По случаю одной подробности этого происшествия, именно той, что дверь не мог отворить камердинер, а как скоро взял ключ герцог Зюдерманландский, она легко отперлась, батюшка рассказывал, что знатоки этого дела , шведы и шотландцы, ему говорили, что всегда так бывает: явление, привидение из духовного мира дается только тому, кто назначен судьбой для принятия этой тайны, «he who is fated», а для других оно остается недосягаемо, непостижимо. Не то ли бывает и вообще в области духовной? То, что дается каким-то внутренним откровением иным избранным, — и крепость веры, и понимание прекрасного, и творческая сила поэзии, и чутье в оценке людей, — все это недоступно и непонятно дюжинным натурам, которым нужна грубая осязательность для веры, математическая точность для понимания и очевидность открытых, топорной работы, пружин, для объяснения неуловимо-тонких движений ума и сердца, составляющих собою характер, то есть особенность каждого человека. О самих привидениях, о явлении умерших и о тех пророческих видениях, о которых англичане говорят, что идущие нам на встречу, будущие происшествия бросают свою тень на землю перед собою , можно спорить и делать разные предположения; но совершенно отрицать их — точно ли благоразумно? Не все ли великое, не все ли духовное для человека необъяснимо?
Вот еще другого рода пророческие видения, второе зрение, о котором рассказывала мне матушка не раз (а она никогда не дозволяла себе не только прикрасы, но даже преувеличения правды). Она была очень дружна с сестрами Каховскими; одна вышла замуж за Арсеньева, другая, Александра, умерла в чахотке и имела способность видеть не будущее, но далекое настоящее , посредством зеркала.

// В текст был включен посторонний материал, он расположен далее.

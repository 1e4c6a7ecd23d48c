//! The charge for an instruction.

ghost use Rattle.std.specs.Prelude.{◌≡◌, MatchBool, IsTrue};
ghost use Rattle.wasm_machine.specs.MachineState.{Pays, CannotPay};

use budget_meter::Budget;

/// Counts and charges one instruction. Returns false and changes nothing if none is left or the budget has no room.
pub fn pay(left: &mut u64, budget: &mut Budget) -> bool
    ensures paid { MatchBool result
        (Pays left.old budget.old left.new budget.new)
        (CannotPay left.old budget.old × (left.new ≡ left.old) × (budget.new ≡ budget.old)) }
{
    if *left == 0 || !budget.charge_instruction() {
        return false;
    }
    *left -= 1;
    true
}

Во время долгих отлучек батюшки, когда он не был еще принят как жених княгинею Щербатовой, но в душе был единственным суженым княжны, она прибегала к своей подруге, столь чудесно одаренной, чтоб узнавать о своем милом и таинственно следить за ним сквозь все преграды времени и пространства. В самих занятиях отсутствующего не было ничего замечательного; но виденные в зеркале местности, комнаты и обстановка их поражали своею верностью, когда потом описывали их батюшке, по возвращении его. Таким образом редкая способность молодой девушки служила как-бы электрическим телеграфом для любящего сердца подруге, томившейся в тревожной неизвестности разлуки.

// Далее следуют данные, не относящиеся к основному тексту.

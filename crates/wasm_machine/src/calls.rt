//! Calls of functions and imports.

ghost use Rattle.std.specs.Prelude.{◌≡◌, ◌<◌, ◌≤◌, ◌^◌, ◌++◌, false, map, length, replicate, IfOk, OnOk, Some};
ghost use Rattle.wasm_spec.specs.Typing.{function_type};
ghost use Rattle.wasm_spec.specs.Stores.{number_of, zero_of};
ghost use Rattle.wasm_spec.specs.Meaning.{same_types, same_function_type, is_import, start_locals};
ghost use Rattle.wasm_machine.specs.Machine.{asks, calls_own, calls, calls_at, calls_typed, calls_element, calls_indirect};
ghost use Rattle.wasm_machine.specs.Machine.{asks_from_outside};
ghost use Rattle.wasm_machine.specs.MachineState.{CanMove, Moves};

use crate::frames::Waiting;
use crate::machine::{MachineState, Outcome};
use std::alloc::{AllocError, Global};
use wasm_code::{FlatCode, function_type};
use wasm_spec::{FuncType, Function, Locals, Module, TrapKind, Value, ValueType};

/// The largest number of open calls, the running one included.
const MOST_CALLS: usize = 512;

/// Returns the value as an unsigned number.
fn number_of(value: Value) -> u64
    ensures { result ≡ number_of value }
{
    match value {
        Value::I32(number) => u64::from(number),
        Value::I64(number) => number,
    }
}

/// Returns the initial value of a local of the type.
fn zero_of(value_type: ValueType) -> Value
    ensures { result ≡ zero_of value_type }
{
    match value_type {
        ValueType::I32 => Value::I32(0),
        ValueType::I64 => Value::I64(0),
    }
}

/// Returns the values as unsigned numbers.
fn numbers(alloc: Global, values: &[Value]) -> Result<Vec<u64>, AllocError>
    ensures { IfOk result (λ numbers. numbers.items ≡ map number_of values.now) }
{
    values.iter().map(|value| number_of(*value)).collect(alloc)
}

/// Pushes the initial values of a group of locals.
fn push_zeros(locals: &mut Vec<Value>, group: Locals) -> Result<(), AllocError>
    ensures { OnOk result (locals.new.items ≡ locals.old.items ++ replicate group.count (zero_of group.value_type)) }
{
    let length = locals.len() + group.count as usize;
    locals.resize(length, zero_of(group.value_type))
}

/// Pushes the initial values of a function's own locals behind its arguments.
pub fn add_locals(locals: &mut Vec<Value>, function: &Function) -> Result<(), AllocError>
    ensures { OnOk result (locals.new.items ≡ start_locals function.now locals.old.items) }
{
    for group in function.locals.as_slice() {
        push_zeros(locals, *group)?;
    }
    Ok(())
}

/// Returns whether two lists of value types are equal.
pub fn same_types(left: &[ValueType], right: &[ValueType]) -> bool
    ensures { result ≡ same_types left.now right.now }
{
    left == right
}

/// Returns whether two function types are equal.
fn same_function_type(left: &FuncType, right: &FuncType) -> bool
    ensures { result ≡ same_function_type left.now right.now }
{
    same_types(left.params.as_slice(), right.params.as_slice())
        && same_types(left.results.as_slice(), right.results.as_slice())
}

/// Returns whether the function of the index is an import.
pub fn is_import(source: &Module, function_index: u32) -> bool
    ensures { result ≡ is_import source.now function_index }
{
    source
        .imports
        .as_slice()
        .get(function_index as usize)
        .is_some()
}

/// Pauses the run at a call of an import.
fn ask(
    machine: &mut MachineState,
    function_index: u32,
    func_type: &FuncType,
) -> Result<Outcome, AllocError>
    requires pc { machine.old.pc < 2 ^ 63 }
    requires moves { CanMove (asks func_type.now function_index) machine.old }
    ensures { IfOk result (λ o. Moves (asks func_type.now function_index) machine.old o machine.new) }
{
    let args = machine
        .operands
        .take_arguments(func_type.params.as_slice().len())?;
    machine.pc += 1;
    let words = numbers(*args.allocator(), &args)?;
    Ok(Outcome::Asks(
        function_index,
        words,
        func_type.results.as_slice().first().copied(),
    ))
}

/// Enters a function of the module, or traps if too many calls are open.
fn enter(
    machine: &mut MachineState,
    function: &Function,
    entry: usize,
    func_type: &FuncType,
) -> Result<Outcome, AllocError>
    requires pc { machine.old.pc < 2 ^ 63 }
    requires moves { CanMove (calls_own (Some function.now) (Some entry) func_type.now) machine.old }
    ensures { IfOk result (λ o. Moves (calls_own (Some function.now) (Some entry) func_type.now) machine.old o machine.new) }
{
    let mut locals = machine
        .operands
        .take_arguments(func_type.params.as_slice().len())?;
    if machine.frames.count() >= MOST_CALLS - 1 {
        return Ok(Outcome::Traps(TrapKind::CallDepth));
    }
    add_locals(&mut locals, function)?;
    let waiting = Waiting {
        pc: machine.pc + 1,
        locals: std::mem::replace(&mut machine.locals, locals),
    };
    machine.frames.push(waiting)?;
    machine.pc = entry;
    Ok(Outcome::Goes)
}

/// Calls a function of the module.
fn call_own(
    source: &Module,
    code: &FlatCode,
    machine: &mut MachineState,
    function_index: u32,
    func_type: &FuncType,
) -> Result<Outcome, AllocError>
    requires own { length source.now.imports ≤ function_index }
    requires pc { machine.old.pc < 2 ^ 63 }
    requires moves { CanMove (calls source.now code.now false (Some func_type.now) function_index) machine.old }
    ensures { IfOk result (λ o. Moves (calls source.now code.now false (Some func_type.now) function_index)
        machine.old o machine.new) }
{
    let own = function_index as usize - source.imports.as_slice().len();
    match source.functions.as_slice().get(own) {
        None => unreachable!(),
        Some(function) => match code.entries.as_slice().get(own) {
            None => unreachable!(),
            Some(entry) => enter(machine, function, *entry, func_type),
        },
    }
}

/// Calls a function, whose type is `func_type`.
fn call_of_type(
    source: &Module,
    code: &FlatCode,
    machine: &mut MachineState,
    function_index: u32,
    func_type: &FuncType,
) -> Result<Outcome, AllocError>
    requires pc { machine.old.pc < 2 ^ 63 }
    requires moves { CanMove (calls source.now code.now (is_import source.now function_index) (Some func_type.now) function_index)
        machine.old }
    ensures { IfOk result (λ o. Moves (calls source.now code.now (is_import source.now function_index)
        (Some func_type.now) function_index) machine.old o machine.new) }
{
    if is_import(source, function_index) {
        ask(machine, function_index, func_type)
    } else {
        call_own(source, code, machine, function_index, func_type)
    }
}

/// Calls the function of the index.
pub fn call(
    source: &Module,
    code: &FlatCode,
    machine: &mut MachineState,
    function_index: u32,
) -> Result<Outcome, AllocError>
    requires pc { machine.old.pc < 2 ^ 63 }
    requires moves { CanMove (calls_at source.now code.now function_index) machine.old }
    ensures { IfOk result (λ o. Moves (calls_at source.now code.now function_index) machine.old o machine.new) }
{
    match function_type(source, function_index) {
        None => unreachable!(),
        Some(func_type) => call_of_type(source, code, machine, function_index, func_type),
    }
}

/// Calls a function for `call_indirect`, or traps if its type is not `wanted`. Types are compared by structure.
fn call_typed(
    source: &Module,
    code: &FlatCode,
    machine: &mut MachineState,
    function_index: u32,
    wanted: &FuncType,
) -> Result<Outcome, AllocError>
    requires pc { machine.old.pc < 2 ^ 63 }
    requires moves { CanMove (calls_typed source.now code.now wanted.now (function_type source.now function_index) function_index)
        machine.old }
    ensures { IfOk result (λ o. Moves (calls_typed source.now code.now wanted.now
        (function_type source.now function_index) function_index) machine.old o machine.new) }
{
    match function_type(source, function_index) {
        None => unreachable!(),
        Some(func_type) => {
            if same_function_type(wanted, func_type) {
                call(source, code, machine, function_index)
            } else {
                Ok(Outcome::Traps(TrapKind::IndirectType))
            }
        }
    }
}

/// Calls the function that a table element holds, or traps if the element is empty.
fn call_element(
    source: &Module,
    code: &FlatCode,
    machine: &mut MachineState,
    element: Option<u32>,
    wanted: &FuncType,
) -> Result<Outcome, AllocError>
    requires pc { machine.old.pc < 2 ^ 63 }
    requires moves { CanMove (calls_element source.now code.now wanted.now (Some element)) machine.old }
    ensures { IfOk result (λ o. Moves (calls_element source.now code.now wanted.now (Some element)) machine.old o machine.new) }
{
    match element {
        None => Ok(Outcome::Traps(TrapKind::EmptyElement)),
        Some(function_index) => call_typed(source, code, machine, function_index, wanted),
    }
}

/// Calls the function of the table element of the index, whose type has to be `wanted`.
pub fn call_indirect(
    source: &Module,
    code: &FlatCode,
    machine: &mut MachineState,
    index: u32,
    wanted: &FuncType,
) -> Result<Outcome, AllocError>
    requires pc { machine.old.pc < 2 ^ 63 }
    requires moves { CanMove (calls_indirect source.now code.now (Some wanted.now) index) machine.old }
    ensures { IfOk result (λ o. Moves (calls_indirect source.now code.now (Some wanted.now) index) machine.old o machine.new) }
{
    match machine.store.element(index) {
        None => Ok(Outcome::Traps(TrapKind::OutOfBounds)),
        Some(element) => call_element(source, code, machine, element, wanted),
    }
}

/// Calls an import that the module exports, from outside the module.
pub fn call_import(
    source: &Module,
    machine: &mut MachineState,
    function_index: u32,
) -> Result<Outcome, AllocError>
    requires pc { machine.old.pc < 2 ^ 63 }
    requires moves { CanMove (asks_from_outside (function_type source.now function_index) function_index) machine.old }
    ensures { IfOk result (λ o. Moves (asks_from_outside (function_type source.now function_index) function_index)
        machine.old o machine.new) }
{
    match function_type(source, function_index) {
        None => unreachable!(),
        Some(func_type) => ask(machine, function_index, func_type),
    }
}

Е. М. Оленина рассказывала другой, еще более поразительный случай. Когда я ее знала, она была благоразумною, практическою женщиной, большого роста, массивною, с правильными чертами, с здоровыми нервами, хотя уже старою, и ничего не высказывалось в ней нервного, похожего на восприимчивость и раздражительность воображения. Но в 1807 году она была еще молодою девушкою. У кого-то в деревне собралось много ее же лет подруг, и у всех было тяжело на сердце: у кого отец, у кого брат, у кого жених был на войне. Один раз сидели они все в комнате у дочери хозяина; беседа шла об опасностях и трудах отсутствующих милых, и сетовали они, что к ним, в деревню, и вестей не доходит из армии: Бог знает, кто из близких жив, кто убит, кто ранен. Между такими речами одной из них пришла мысль поглядеть да погадать в зеркале, как делается на святках. Которая из них стала насмехаться, которая сомневаться, а некоторые и пристали к этому предложению. «Посмотри-ка», — сказала одна из них хозяйской дочке, — «посмотри, где мой брат? Что с ним теперь?» Села за зеркало хозяйская дочка; все обставили как должно, и стала она смотреть, а другие все расселись поодаль и молчали или тихо, тихо, шепотом переговаривались, чтоб не мешать вещунье. Долго сидела она, не произнося тоже ни слова, — оно уже стало и надоедать другим, — как вдруг заговорила: — «Вот, вот, туман сходит со стекла, вот лесок, песчаный берег, река, большая, быстрая река! Господи, сколько народу! Все войска, лагерь, солдаты, пушки, кони, на обоих берегах. Что это там суетятся у подошвы горы, на самом берегу? Кажется, все штабные тут… А, отчалила лодка с того берега; в ней маленького роста генерал сидит; вот плот на середине реки, другая лодка причалила, смотри!» Оленина подошла и стала за стулом подруги, посмотрела в зеркало и сама увидала все это. «Вот, и другой генерал взошел на плот; он повернулся — государь!» — вскрикнула хозяйская дочь и вскочила сама, пораженная удивлением.
Это было 13-е июня 1807 года, день Тильзитского свидания двух императоров, о котором уже, конечно, никто не думал, не гадал, и всего менее эти молодые девушки.